> [Extracted material]:
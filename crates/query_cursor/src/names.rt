//! Names, paths and types, a method for each line of the grammar.

ghost use Rattle.std.specs.Prelude.{◌≡◌, Ok, IfOk, IfErr};
ghost use Rattle.grammar_rules.specs.Readers.{IsStop, read_perhaps};
ghost use Rattle.query_tokens.specs.declared.symbol.Symbol.TheVariants as symbol;
ghost use Rattle.query_grammar.specs.Lists.{one};
ghost use Rattle.query_grammar.specs.Reading.{read_name, read_name_part, read_second_name, read_path, read_next, read_others, read_type_size, read_type_name, read_cast_type};

use crate::cursor::Parser;
use crate::leaves::name_of;
use event_value::Seq;
use grammar_rules::Stop;
use query_tokens::Symbol;
use query_tree::{Name, Path, TypeName};

impl<'t, 'l> Parser<'t, 'l> {
    #[tactic(auto, unfolding(query_grammar::specs::Reading::read_name))]
    pub fn name(&mut self) -> Result<Name, Stop>
        ensures ok { IfOk result (λ name. read_name self.old ≡ Ok (name, self.new)) }
        ensures err { IfErr result (IsStop (read_name self.old) self.new) }
    {
        let lexeme = self.take(&[Symbol::Word, Symbol::Bracketed])?;
        Ok(name_of(self.alloc(), lexeme)?)
    }

    #[tactic(auto, unfolding(query_grammar::specs::Reading::read_name_part))]
    fn name_part(&mut self) -> Result<Name, Stop>
        ensures ok { IfOk result (λ name. read_name_part self.old ≡ Ok (name, self.new)) }
        ensures err { IfErr result (IsStop (read_name_part self.old) self.new) }
    {
        let lexeme = self.take(&[Symbol::Word, Symbol::Bracketed, Symbol::Stamp])?;
        Ok(name_of(self.alloc(), lexeme)?)
    }

    #[tactic(auto, unfolding(query_grammar::specs::Reading::read_second_name))]
    fn second_name(&mut self) -> Result<Name, Stop>
        ensures ok { IfOk result (λ name. read_second_name self.old ≡ Ok (name, self.new)) }
        ensures err { IfErr result (IsStop (read_second_name self.old) self.new) }
    {
        self.expect(Symbol::Point)?;
        self.name_part()
    }

    fn perhaps_second_name(&mut self) -> Result<Option<Name>, Stop>
        ensures ok { IfOk result
            (λ name. read_perhaps (one symbol.Point) read_second_name self.old ≡ Ok (name, self.new)) }
        ensures err { IfErr result (IsStop (read_perhaps (one symbol.Point) read_second_name self.old) self.new) }
    {
        if self.is(Symbol::Point) {
            Ok(Some(self.second_name()?))
        } else {
            Ok(None)
        }
    }

    #[tactic(auto, unfolding(query_grammar::specs::Reading::read_path))]
    pub fn path(&mut self) -> Result<Path, Stop>
        ensures ok { IfOk result (λ path. read_path self.old ≡ Ok (path, self.new)) }
        ensures err { IfErr result (IsStop (read_path self.old) self.new) }
    {
        let first = self.name()?;
        let second = self.perhaps_second_name()?;
        Ok(Path {
            place: first.place,
            first,
            second,
        })
    }

    /// `{"," path}`
    pub fn more_paths(&mut self) -> Result<Seq<Path>, Stop>
        ensures ok { IfOk result (λ more. read_others read_path self.old ≡ Ok (more, self.new)) }
        ensures err { IfErr result (IsStop (read_others read_path self.old) self.new) }
    {
        let mut more = Seq::empty(self.alloc());
        'paths: while self.is(Symbol::Comma) {
            more.push(self.next_path()?)?;
        }
        Ok(more)
    }

    fn next_path(&mut self) -> Result<Path, Stop>
        ensures ok { IfOk result (λ path. read_next read_path self.old ≡ Ok (path, self.new)) }
        ensures err { IfErr result (IsStop (read_next read_path self.old) self.new) }
    {
        self.expect(Symbol::Comma)?;
        self.path()
    }

    /// `"(" word ")"`
    #[tactic(auto, unfolding(query_grammar::specs::Reading::read_type_size))]
    fn type_size(&mut self, left: u32) -> Result<Name, Stop>
        ensures ok { IfOk result (λ size. read_type_size left self.old ≡ Ok (size, self.new)) }
        ensures err { IfErr result (IsStop (read_type_size left self.old) self.new) }
    {
        self.open(Symbol::Open, left)?;
        let word = self.expect(Symbol::Word)?;
        self.expect(Symbol::Close)?;
        Ok(name_of(self.alloc(), word)?)
    }

    fn perhaps_type_size(&mut self, left: u32) -> Result<Option<Name>, Stop>
        ensures ok { IfOk result (λ size. read_perhaps (one symbol.Open) (read_type_size left) self.old ≡ Ok (size, self.new)) }
        ensures err { IfErr result (IsStop (read_perhaps (one symbol.Open) (read_type_size left) self.old) self.new) }
    {
        if self.is(Symbol::Open) {
            Ok(Some(self.type_size(left)?))
        } else {
            Ok(None)
        }
    }

    /// `word ["(" word ")"]`
    #[tactic(auto, unfolding(query_grammar::specs::Reading::read_type_name))]
    fn type_name(&mut self, left: u32) -> Result<TypeName, Stop>
        ensures ok { IfOk result (λ kind. read_type_name left self.old ≡ Ok (kind, self.new)) }
        ensures err { IfErr result (IsStop (read_type_name left self.old) self.new) }
    {
        let lexeme = self.expect(Symbol::Word)?;
        let word = name_of(self.alloc(), lexeme)?;
        let size = self.perhaps_type_size(left)?;
        Ok(TypeName {
            place: word.place,
            word,
            size,
        })
    }

    /// `AS type ")"`
    #[tactic(auto, unfolding(query_grammar::specs::Reading::read_cast_type))]
    pub fn cast_type(&mut self, left: u32) -> Result<TypeName, Stop>
        ensures ok { IfOk result (λ kind. read_cast_type left self.old ≡ Ok (kind, self.new)) }
        ensures err { IfErr result (IsStop (read_cast_type left self.old) self.new) }
    {
        self.expect(Symbol::As)?;
        let kind = self.type_name(left)?;
        self.expect(Symbol::Close)?;
        Ok(kind)
    }
}
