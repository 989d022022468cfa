// The plain inner table of a pile: what became of each section, and what was pinned, bound and rooted. It knows nothing of the graph
// below: it answers from that graph's answers.

#![tactic(auto)]

ghost use Rattle.std.specs.Prelude.{◌≡◌, ◌<◌, None, cond};
ghost use Rattle.arrayvec.specs.ArrayVec.{array_vec_len};
ghost use Rattle.fault.specs.Refusal.{ok_unless};
ghost use Rattle.unfolding.specs.Groups.{aimed_at};
ghost use Rattle.unfolding.specs.Reach.{has};
ghost use Rattle.runs.specs.Laws.{pinned_record};
ghost use Rattle.runs.specs.State.{fault_at};
ghost use Rattle.slots.specs.Turns.{stays, drops, dropped_slot, leads, joins, joined_slot};
ghost use Rattle.ledger.specs.Edits.{fresh, with_bind, with_pin, with_root, Shut};
ghost use Rattle.ledger.specs.Told.{bound_by, bound_names, pinned};
ghost use Rattle.ledger.specs.Answers.{stands, seen_record, seen_byte, seen_target, seen_relocation, added_root, seen_root, placed, section_bound, bind_refused, pin_refused, root_refused};

use arrayvec::ArrayVec;
use calls::Place;
use fault::{Fault, Kind, Layer};
use model::{Record, Relocation, Setting, Target};
use slots::{Present, Slots};

// An outside name that was bound, and the section that it stands for.
#[derive(Clone, Copy, PartialEq, Eq, Debug, Default)]
pub struct Bind {
    pub name: u16,
    pub section: u16,
}

// What a pile keeps beside the graph below.
#[derive(Drop)]
pub struct Ledger {
    // what became of each section
    pub slots: Slots,
    // the sections that were pinned: a mark for each number, as the slots are, since memory is fixed
    pub pins: [bool; 1024],
    // the outside names that were bound, in order
    pub binds: ArrayVec<Bind, 64>,
    // the roots that were added, in order
    pub roots: ArrayVec<u16, 64>,
    // a sweep or a fold was done
    pub closed: bool,
}

// A refusal of the pile.
fn refused(kind: Kind, place: u64) -> Fault
    ensures { result ≡ fault_at kind place }
{
    Fault::new(kind, place, Layer::Pile)
}

// The record of a section that was pinned.
fn as_pinned(told: Record) -> Record
    ensures { result ≡ pinned_record told }
{
    Record {
        setting: Setting::Pinned,
        ..told
    }
}

impl Ledger {
    // Nothing was called.
    pub fn new() -> Ledger
        ensures { result ≡ fresh }
    {
        Ledger {
            slots: Slots::new(),
            pins: [false; 1024],
            binds: ArrayVec::new(),
            roots: ArrayVec::new(),
            closed: false,
        }
    }

    // Name `name` stands for section `section` from now on.
    pub fn bind(&mut self, name: u16, section: u16)
        requires { array_vec_len self.old.binds < 64 }
        ensures { self.new ≡ with_bind self.old name section }
    {
        self.binds.push(Bind { name, section });
    }

    // Section `s` is pinned.
    pub fn pin(&mut self, s: u16)
        requires { s < 1024 }
        ensures { self.new ≡ with_pin self.old s }
    {
        self.pins[usize::from(s)] = true;
    }

    // Section `section` is one more root.
    pub fn add_root(&mut self, section: u16)
        requires { array_vec_len self.old.roots < 64 }
        ensures { self.new ≡ with_root self.old section }
    {
        self.roots.push(section);
    }

    // A sweep and a fold stay two functions, since they are promised other things; their loop is one, in `slots`.

    // Sweeps the sections that are there and not reached, and closes: how many are left, and how many were swept.
    pub fn sweep(&mut self, present: &Present, reached: &[bool; 1024]) -> (u16, u16)
        ensures { Shut (dropped_slot present.now.there reached.now) (stays present.now.there reached.now) (drops present.now.there reached.now) present.now.count self.old self.new result.0 result.1 }
    {
        let counts = self.slots.sweep(present, reached);
        self.closed = true;
        counts
    }

    // Folds each section that is there into the one that leads its class, and closes: how many are left, and how many were folded.
    pub fn fold(&mut self, present: &Present, class: &[u16; 1024]) -> (u16, u16)
        ensures { Shut (joined_slot present.now.there class.now) (leads present.now.there class.now) (joins present.now.there class.now) present.now.count self.old self.new result.0 result.1 }
    {
        let counts = self.slots.fold(present, class);
        self.closed = true;
        counts
    }

    // Whether section `s` was pinned.
    fn is_pinned(&self, s: u16) -> bool
        ensures { result ≡ pinned self.now s }
    {
        self.pins.get(usize::from(s)).copied().unwrap_or(false)
    }

    // The section that `name` stands for, if it was bound.
    fn section_bound(&self, name: u16) -> Option<u16>
        ensures { result ≡ section_bound self.now name }
    {
        self.binds
            .iter()
            .find(|bind| bind.name == name)
            .map(|bind| bind.section)
    }

    // Whether `name` was bound.
    fn is_bound(&self, name: u16) -> bool
        ensures { result ≡ has (bound_names self.now) name }
    {
        self.section_bound(name).is_some()
    }

    // What a target of the graph below is after the binds.
    fn bound_target(&self, target: Target) -> Target
        ensures { result ≡ bound_by self.now target }
    {
        match target {
            Target::Section(_) => target,
            Target::Outside(e) => self.section_bound(e).map_or(target, Target::Section),
        }
    }

    // And where it goes by the slots.
    fn target(&self, target: Target) -> Target
        ensures { result ≡ seen_target self.now target }
    {
        match self.bound_target(target) {
            Target::Section(t) => Target::Section(self.slots.number(t)),
            Target::Outside(e) => Target::Outside(e),
        }
    }

    // A relocation with its target put there: nothing else changes.
    fn aim(&self, told: Relocation) -> Relocation
        ensures { result ≡ aimed_at (seen_target self.now) told }
    {
        Relocation {
            target: self.target(told.target),
            ..told
        }
    }

    // What the graph below tells of section `s`, where the section is untouched.
    fn left<T: Drop>(&self, s: u16, told: Option<T>) -> Option<T>
        ensures { result ≡ cond (stands self.now s) told None }
    {
        told.filter(|_| self.slots.is_untouched(s))
    }

    // The record of section `s`, from that of the graph below.
    pub fn record(&self, s: u16, told: Option<Record>) -> Option<Record>
        ensures { result ≡ seen_record self.now s told }
    {
        let record = self.left(s, told)?;
        Some(if self.is_pinned(s) {
            as_pinned(record)
        } else {
            record
        })
    }

    // A byte of section `s`.
    pub fn byte(&self, s: u16, told: Option<u8>) -> Option<u8>
        ensures { result ≡ seen_byte self.now s told }
    {
        self.left(s, told)
    }

    // A relocation of section `s`.
    pub fn relocation(&self, s: u16, told: Option<Relocation>) -> Option<Relocation>
        ensures { result ≡ seen_relocation self.now s told }
    {
        self.left(s, told).map(|x| self.aim(x))
    }

    // Added root `j`.
    fn added_root(&self, j: u16) -> Option<u16>
        ensures { result ≡ added_root self.now j }
    {
        self.roots
            .get(usize::from(j))
            .map(|s| self.slots.number(*s))
    }

    // Root `j`, where the graph below has `n` roots and answers `told`.
    pub fn root(&self, n: u16, j: u16, told: Option<u16>) -> Option<u16>
        ensures { result ≡ seen_root self.now n j told }
    {
        match told {
            Some(s) => Some(self.slots.number(s)),
            None => self.added_root(j.checked_sub(n)?),
        }
    }

    // The place of section `s`, where the graph below has `n` sections and `there` says whether it is present there.
    pub fn place(&self, n: u16, there: bool, s: u16) -> Result<Place, Fault>
        ensures { result ≡ placed self.now n there s }
    {
        if s >= n {
            return Err(refused(Kind::NoSection, u64::from(s)));
        }
        Ok(if there {
            self.slots.found(s)
        } else {
            Place::Absent
        })
    }

    // Whether a bind is refused, and why; `there` says whether the section is present.
    pub fn check_bind(&self, there: bool, name: u16, section: u16) -> Result<(), Fault>
        ensures { result ≡ ok_unless (bind_refused self.now there name section) tt }
    {
        self.check_pin(there, section)?;
        if self.is_bound(name) {
            return Err(refused(Kind::Bound, u64::from(name)));
        }
        if self.binds.is_full() {
            return Err(refused(Kind::Full, 0));
        }
        Ok(())
    }

    // Whether a pin is refused, and why.
    pub fn check_pin(&self, there: bool, section: u16) -> Result<(), Fault>
        ensures { result ≡ ok_unless (pin_refused self.now there section) tt }
    {
        if self.closed {
            return Err(refused(Kind::Closed, 0));
        }
        if !there {
            return Err(refused(Kind::NoSection, u64::from(section)));
        }
        Ok(())
    }

    // Whether a root is refused, and why; the graph below has `n` roots.
    pub fn check_root(&self, there: bool, n: u16, section: u16) -> Result<(), Fault>
        ensures { result ≡ ok_unless (root_refused self.now there n section) tt }
    {
        self.check_pin(there, section)?;
        if self.roots.is_full() || usize::from(n) + self.roots.len() >= 4096 {
            return Err(refused(Kind::Full, 0));
        }
        Ok(())
    }
}
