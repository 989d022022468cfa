// What a section unfolds to, which sections are alike, and the folded and the swept graph: definitions (specs/) and theorems on the
// depths. A function here has a theorem for its contract, and nothing to do.

#![tactic(auto)]

ghost use Rattle.unfolding.specs.Theorems.{PresenceDecided, MarksTell, Narrows, GroupsLast, GroupsSettle, DepthDecides, RoundsAreLeast, LowestRepresents};
ghost use Rattle.unfolding.specs.Matching.{AlikeMatches, MatchingAlike};
ghost use Rattle.unfolding.specs.Examples.{ExamplesHold};

// The sections that are counted are the present ones.
pub fn presence_decided()
    ensures { PresenceDecided }
{}

// Depth 0 tells a pinned section from every other, and no two foldable ones apart.
#[tactic(auto, using(crate::proofs::Theorems::marks_tell))]
pub fn marks_tell()
    ensures { MarksTell }
{}

// Agreement at depth k + 1 gives agreement at depth k.
pub fn depths_narrow()
    ensures { Narrows }
{}

// When two neighbouring depths have the same groups, so have all later ones.
pub fn groups_last()
    ensures { GroupsLast }
{}

// That comes at some depth not above the count of sections.
#[tactic(auto, using(crate::proofs::Theorems::groups_settle))]
pub fn groups_settle()
    ensures { GroupsSettle }
{}

// Agreement there is agreement at every depth.
#[tactic(auto, using(crate::proofs::Theorems::depth_decides))]
pub fn depth_decides()
    ensures { DepthDecides }
{}

// The rounds are the least such depth.
pub fn rounds_are_least()
    ensures { RoundsAreLeast }
{}

// The representative is the lowest of its group.
#[tactic(auto, using(crate::proofs::Theorems::lowest_represents))]
pub fn lowest_represents()
    ensures { LowestRepresents }
{}

// Alike sections give the same answers to the questions, and point at alike sections.
pub fn alike_matches()
    ensures { AlikeMatches }
{}

// Sections that a pairing matches, with all that they lead to, are alike.
pub fn matching_alike()
    ensures { MatchingAlike }
{}

// The definitions give what each worked example says.
#[tactic(auto, using(crate::proofs::Examples::examples_hold))]
pub fn examples_hold()
    ensures { ExamplesHold }
{}
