ghost use Rattle.std.specs.Prelude.{◌≡◌};
ghost use Rattle.server.specs.Calls.{accepting};

use crate::rate::Terms;
use crate::refusal::Refusal;

/// What a server tells of a client: its terms, its clock in ticks, and how many of its blocks wait.
#[derive(Clone, Copy, PartialEq, Eq, Default, Debug)]
pub struct View {
    pub terms: Terms,
    pub clock: u64,
    pub waiting: u8,
}

impl View {
    /// Whether a block of this length may come in, or the first cause against it.
    pub fn accept(self, length: u8) -> Result<(), Refusal>
        ensures { result ≡ accepting self length }
    {
        if !(1..=16).contains(&length) {
            return Err(Refusal::BadLength);
        }
        if self.waiting >= 8 {
            return Err(Refusal::Full);
        }
        Ok(())
    }
}
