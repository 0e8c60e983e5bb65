ghost use Rattle.std.specs.Prelude.{◌≡◌, ◌*◌, max};
ghost use Rattle.server.specs.Calls.{due_within, slots_of};

/// A client sends p units in q slots; a tick of that client is the p-th part of a slot.
#[derive(Clone, Copy, PartialEq, Eq, Default, Debug)]
pub struct Rate {
    pub p: u16,
    pub q: u16,
}

impl Rate {
    /// The start of a block that comes at this slot: the clock, or the present tick if that is later.
    pub fn start_at(self, clock: u64, slot: u32) -> u64
        ensures { result ≡ max (self.p * slot) clock }
    {
        (u64::from(self.p) * u64::from(slot)).max(clock)
    }

    /// The ticks that a block of this length takes.
    pub fn ticks(self, length: u8) -> u64
        ensures { result ≡ self.q * length }
    {
        u64::from(self.q) * u64::from(length)
    }
}

/// What a client has reserved and keeps while its server runs: its rate, and its latency in ticks.
#[derive(Clone, Copy, PartialEq, Eq, Default, Debug)]
pub struct Terms {
    pub rate: Rate,
    pub latency: u32,
}

impl Terms {
    /// The slot by which a block of this start has left, or 0 where there is no rate. No client is without one, and
    /// nothing is asked of a caller.
    pub fn due(self, start: u64) -> u64
        ensures { result ≡ due_within self start }
    {
        let end = start.saturating_add(u64::from(self.latency));
        end.checked_div(u64::from(self.rate.p)).unwrap_or(0)
    }

    /// The latency in slots, rounded up, or 0 where there is no rate. No client is without one, and nothing is asked
    /// of a caller.
    pub fn slots(self) -> u32
        ensures { result ≡ slots_of self }
    {
        match self.rate.p {
            0 => 0,
            p => self.latency.div_ceil(u32::from(p)),
        }
    }
}
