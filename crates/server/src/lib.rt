// The server interface of a latency-rate chain: what a server means, what its calls answer and
// leave, and the two laws that it keeps. A scheduler and a join of two servers implement it alike;
// whoever calls through it knows a named server by equality and any other by its laws.
#![tactic(auto)]

pub mod block;
pub mod rate;
pub mod refusal;
pub mod server;
pub mod view;
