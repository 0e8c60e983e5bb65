ghost use Rattle.std.specs.Prelude.{◌≡◌};
ghost use Rattle.server.specs.Refusals.{number_of};

/// Why a server turns a call down, each cause with its number.
#[derive(Clone, Copy, PartialEq, Eq, Debug)]
pub enum Refusal {
    // the client is not below the number of clients
    NoClient = 1,
    // the length is not 1 to 16
    BadLength = 2,
    // eight blocks of the client wait
    Full = 3,
    // the slot counter is at its end
    Ended = 4,
}

impl Refusal {
    /// A method and no `From`, since its name says which number; written for each enum, since a type parameter
    /// cannot be cast.
    pub fn number(self) -> u8
        ensures { result ≡ number_of self }
    {
        self as u8
    }
}
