/// A waiting block: its label code, its length in units, the units left of it, and its start in ticks.
#[derive(Clone, Copy, PartialEq, Eq, Default, Debug)]
pub struct Block {
    pub label: u32,
    pub length: u8,
    pub left: u8,
    pub start: u64,
}

/// A block whose last unit went, and the client that it belonged to.
#[derive(Clone, Copy, PartialEq, Eq, Debug)]
pub struct Departure {
    pub client: u8,
    pub label: u32,
    pub length: u8,
    pub start: u64,
}

/// What a slot answers: nothing went, or a unit of this client, or the last unit of this block.
#[derive(Clone, Copy, PartialEq, Eq, Debug)]
pub enum Served {
    Nothing,
    Unit(u8),
    Departed(Departure),
}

> [Action item]:
Search the entries above for the word "TypeName" and count the lines that hold it. Reply with only that number.

> [Response]:
4